Nun stellt sich natürlich die Frage, ob dies denn schon immer so war oder es den heutigen Lebensumständen zu verdanken ist. Das Problem ist, das wirklich aussagekräftige Studien zur Motorik von Kindern und Jugendlichen noch nicht so lange bestehen. Erst etwa ab den 1980er-Jahren begann die Forschung sich mit dem Thema intensiver auseinanderzusetzen. Die Vermutung liegt nahe, das dies mit dem Einläuten des digitalen Zeitalters (ab etwa 1981) zusammenhängt. Immer mehr Computer fanden sich in den Wohnungen und ebenso immer mehr Bildschirmarbeitsplätze in den Behörden und Unternehmen.
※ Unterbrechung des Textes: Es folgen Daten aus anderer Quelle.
//! Which part of a file is written.

ghost use Rattle.std.specs.Prelude.{◌≡◌, ◌≤◌, ◌+◌, ◌&&◌};
ghost use Rattle.rtk_cut.specs.Cut.{IsStepOrNone, choice_of, is_near_step, is_at_or_after, is_earlier_than};

use rtk_obs::GpsMs;

/// The greatest step of a part, in s: a day.
pub const GREATEST_STEP_S: u32 = 86_400;

/// Which part of a file is written: of the records on a step those in a span.
#[derive(Clone, Copy, Debug)]
pub struct Part {
    /// The records at this moment and after it; all up to `until` if there is none.
    pub from: Option<GpsMs>,
    /// The records before this moment; all after `from` if there is none.
    pub until: Option<GpsMs>,
    /// The step in s, 1 to 86,400: records whose moment is a whole multiple of it, counted from
    /// 1980-01-06 00:00:00.000. All records if there is none.
    pub every: Option<u32>,
}

/// Which records of a file are written: a part, and how far in ms a record may lie from a moment and
/// still counts as being there, since the clocks of some receivers are not steered.
#[derive(Clone, Copy)]
pub(crate) struct Choice {
    pub(crate) from: Option<GpsMs>,
    pub(crate) until: Option<GpsMs>,
    pub(crate) every: Option<u32>,
    pub(crate) near_ms: u64,
}

impl Choice {
    /// A part, and how near is near enough.
    pub(crate) fn new(part: Part, near_ms: u64) -> Choice
        ensures { result ≡ choice_of part near_ms }
    {
        Choice {
            from: part.from,
            until: part.until,
            every: part.every,
            near_ms,
        }
    }

    /// Is a moment on the step, or near enough?
    pub(crate) fn has(&self, time: GpsMs) -> bool
        requires step { IsStepOrNone self.now.every }
        requires near { self.now.near_ms ≤ 25 }
        ensures { result ≡ is_near_step self.now.near_ms self.now.every time }
    {
        match self.every {
            Some(every) => (time.ms() + self.near_ms) % (u64::from(every) * 1000)
                <= 2 * self.near_ms,
            None => true,
        }
    }

    /// Is a moment in the span? It counts as so much later as is near enough.
    pub(crate) fn spans(&self, time: GpsMs) -> bool
        requires near { self.now.near_ms ≤ 25 }
        ensures { result ≡ (is_at_or_after self.now.from (time + self.now.near_ms)
            && is_earlier_than self.now.until (time + self.now.near_ms)) }
    {
        let later = time.ms() + self.near_ms;
        let is_at_or_after = match self.from {
            Some(from) => later >= from.ms(),
            None => true,
        };
        let is_earlier = match self.until {
            Some(until) => later < until.ms(),
            None => true,
        };
        is_at_or_after && is_earlier
    }
}
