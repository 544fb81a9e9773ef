//! A file of any systems of which a part is written.
//!
//! The rows of a record are read from its text, and none is kept. So a record that shows slips of records
//! that are left out is read a second time when it is written.

ghost use Rattle.std.specs.Prelude.{◌≡◌, ◌≤◌, ◌||◌, ◌&&◌, not, false, length, All, IfOk};
ghost use Rattle.std.specs.List.{list_any};
ghost use Rattle.rtk_rinex.specs.Record.{EpochTableView};
ghost use Rattle.rtk_rinex.specs.MixedRecord.{mixed_record_text};
ghost use Rattle.rtk_rinex.specs.MixedTable.{MixedTable, IsMixedTable, mixed_table_text};
ghost use Rattle.rtk_cut.specs.Steps.MixedFile.{IsMixedFileOf, IsRecordIn};
ghost use Rattle.rtk_cut.specs.Steps.Pending.{StandsForNone, mark_of, MarksBecome, row_has_slip, row_has_phase, epoch_with_own_marks};

use crate::epoch_file::EpochFile;
use crate::slips::{note_row, show_in_row};
use rtk_obs::GpsMs;
use rtk_rinex::{
    MixedHeading, MixedRecordLines, MixedRecords, MixedRows, MixedTextTable, Observed,
    SatelliteRow, mixed_header,
};
use std::alloc::{AllocError, Global};

// The marks of 221 satellites; none has the number 0.
const MARKS: usize = 3552;

/// A file of any systems that is read record by record. It takes no memory.
#[derive(Drop)]
pub(crate) struct MixedFile<'a> {
    pub(crate) heading: MixedHeading<'a>,
    pub(crate) records: MixedRecords<'a>,
    pub(crate) marks: [bool; MARKS],
    /// The marks before the record that was shown last.
    pub(crate) marks_before: [bool; MARKS],
}

// Marks the slips of a record.
fn note_record(marks: &mut [bool], read: &MixedRows<'_>)
    requires { length marks.old ≡ 3552 }
    ensures size { length marks.new ≡ length marks.old }
    ensures marks { (e : EpochTableView) → IsRecordIn read.now e
        → MarksBecome marks.new (λ s c. list_any (row_has_slip s c) e.rows || mark_of marks.old s c) }
{
    let mut rows = read.again();
    let mut row = SatelliteRow::default();
    while let Some(satellite) = rows.next_row(&mut row.observed) {
        row.satellite = satellite.index();
        note_row(marks, &row);
    }
}

// Clears the marks of the phases of a record. Does a mark show a slip that the record itself does not have?
fn clear_marks(marks: &mut [bool], read: &MixedRows<'_>) -> bool
    requires { length marks.old ≡ 3552 }
    ensures size { length marks.new ≡ length marks.old }
    ensures marks { (e : EpochTableView) → IsRecordIn read.now e
        → MarksBecome marks.new (λ s c. not (list_any (row_has_phase s c) e.rows) && mark_of marks.old s c) }
    ensures same { result ≡ false → (e : EpochTableView) → IsRecordIn read.now e → epoch_with_own_marks marks.old e ≡ e }
    ensures few { (e : EpochTableView) → IsRecordIn read.now e → All (λ r. length r.observed.items ≤ 16) e.rows }
{
    let mut rows = read.again();
    let mut row = SatelliteRow::default();
    // This is room alone: `show_in_row` writes each value before it is read.
    let mut shown = [Observed::default(); 16];
    let mut is_changed = false;
    while let Some(satellite) = rows.next_row(&mut row.observed) {
        row.satellite = satellite.index();
        let is_row_changed = show_in_row(marks, &row, &mut shown[..row.observed.len()]);
        is_changed |= is_row_changed;
    }
    is_changed
}

// Makes the text of a record with the slips that are marked.
fn text_with_marks(
    alloc: Global,
    marks: &mut [bool],
    read: &MixedRows<'_>,
) -> Result<Vec<u8>, AllocError>
    requires { length marks.old ≡ 3552 }
    ensures { IfOk result (λ text. (e : EpochTableView) → IsRecordIn read.now e
        → text.items ≡ mixed_record_text read.now.form.doppler (epoch_with_own_marks marks.old e)) }
{
    let mut rows = read.again();
    let mut row = SatelliteRow::default();
    let mut shown = [Observed::default(); 16];
    let mut lines = MixedRecordLines::new(alloc);
    lines.restart_with(read.has_doppler());
    while let Some(satellite) = rows.next_row(&mut row.observed) {
        row.satellite = satellite.index();
        let codes = &mut shown[..row.observed.len()];
        show_in_row(marks, &row, codes);
        lines.push_row(satellite, codes)?;
    }
    lines.finish(read.time());
    Ok(lines.into_text())
}

impl<'a> MixedFile<'a> {
    /// Makes the file of a table, of which no record was read.
    pub(crate) fn new(table: &MixedTextTable<'a>) -> MixedFile<'a>
        ensures file { (t : MixedTable) → IsMixedTable t → table.now.text ≡ mixed_table_text t → IsMixedFileOf t result }
        ensures marks { StandsForNone result.marks }
    {
        MixedFile {
            heading: table.heading(),
            records: table.records(),
            marks: [false; MARKS],
            marks_before: [false; MARKS],
        }
    }
}

impl<'a> EpochFile for MixedFile<'a> {
    ghost use Rattle.std.specs.Prelude.{◌≡◌, length};
    ghost use Rattle.rtk_rinex.specs.Header.{position_view};
    ghost use Rattle.rtk_rinex.specs.Record.{EpochTableView};
    ghost use Rattle.rtk_cut.specs.Steps.FileTexts.{mixed_texts};
    ghost use Rattle.rtk_cut.specs.Steps.MixedFile.{AreLeftIn, IsRecordWith};
    ghost use Rattle.rtk_cut.specs.Steps.Pending.{epoch_with_own_marks};

    type Record = MixedRows<'a>;

    ghost texts = { λ f. mixed_texts f.heading.head (position_view f.heading.position) f.heading.first };

    ghost marks = { λ f. f.marks };

    ghost AreLeft = { λ f epochs. AreLeftIn f.heading.head.doppler f.records epochs };

    ghost size = { λ f. length f.records.text };

    ghost IsRecordOf = { λ f rows e. IsRecordWith f.heading.head.doppler rows e };

    ghost HasShown = { λ f. Unit {0} };

    ghost IsShownAs = { λ f rows e. (own : EpochTableView) × IsRecordWith f.heading.head.doppler rows own × (e ≡ epoch_with_own_marks f.marks_before own) };

    fn next(&mut self) -> Option<MixedRows<'a>> {
        self.records.next()
    }

    fn time(&self, read: &MixedRows<'a>) -> GpsMs {
        read.time()
    }

    fn text<'r>(&self, read: &'r MixedRows<'a>) -> &'r [u8] {
        read.text()
    }

    fn note(&mut self, read: &MixedRows<'a>) {
        note_record(&mut self.marks, read);
    }

    fn show(&mut self, read: &MixedRows<'a>) -> bool {
        self.marks_before = self.marks;
        clear_marks(&mut self.marks, read)
    }

    fn shown_text(&self, alloc: Global, read: &MixedRows<'a>) -> Result<Vec<u8>, AllocError> {
        let mut marks = self.marks_before;
        text_with_marks(alloc, &mut marks, read)
    }

    fn header(&self, alloc: Global, first: GpsMs) -> Result<Vec<u8>, AllocError> {
        mixed_header(alloc, &self.heading.head, &self.heading.position, first)
    }

    fn first(&self) -> GpsMs {
        self.heading.first
    }
}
Das Jahr 1981 war in Deutschland aber auch der Zeitpunkt, als die öffentlich-rechtlichen Fernsehsender ARD und ZDF von privater Seite Konkurrenz bekamen. Statt 2 Kanälen mit beschränkten Sendezeiten standen schnell über 30 Kanäle rund um die Uhr zur Verfügung. Nur etwa ein Jahrzehnt später begann die zunächst langsame Verbreitung von Handys mit Mehrfachfunktion, die mit dem 2007 erstmals erschienenen iPhone einen Design-Höhepunkt erreichte, der bis heute Bestand hat. Inzwischen sind Smartphones in dieser typischen Form das meistverkaufte technische Gerät der Welt. Rund um den Globus sind fast 4 Milliarden Mobiltelefone dieser Art in Umlauf und ein nicht geringer Teil davon in Kinderhänden.
Wenn von üblichen Verdächtigen die Rede ist, dann meinen die meisten Menschen natürlich den Fernseher, Laptop oder PC und das Smartphone. Bezogen allein auf die Geräte lautet die Antwort eindeutig Ja.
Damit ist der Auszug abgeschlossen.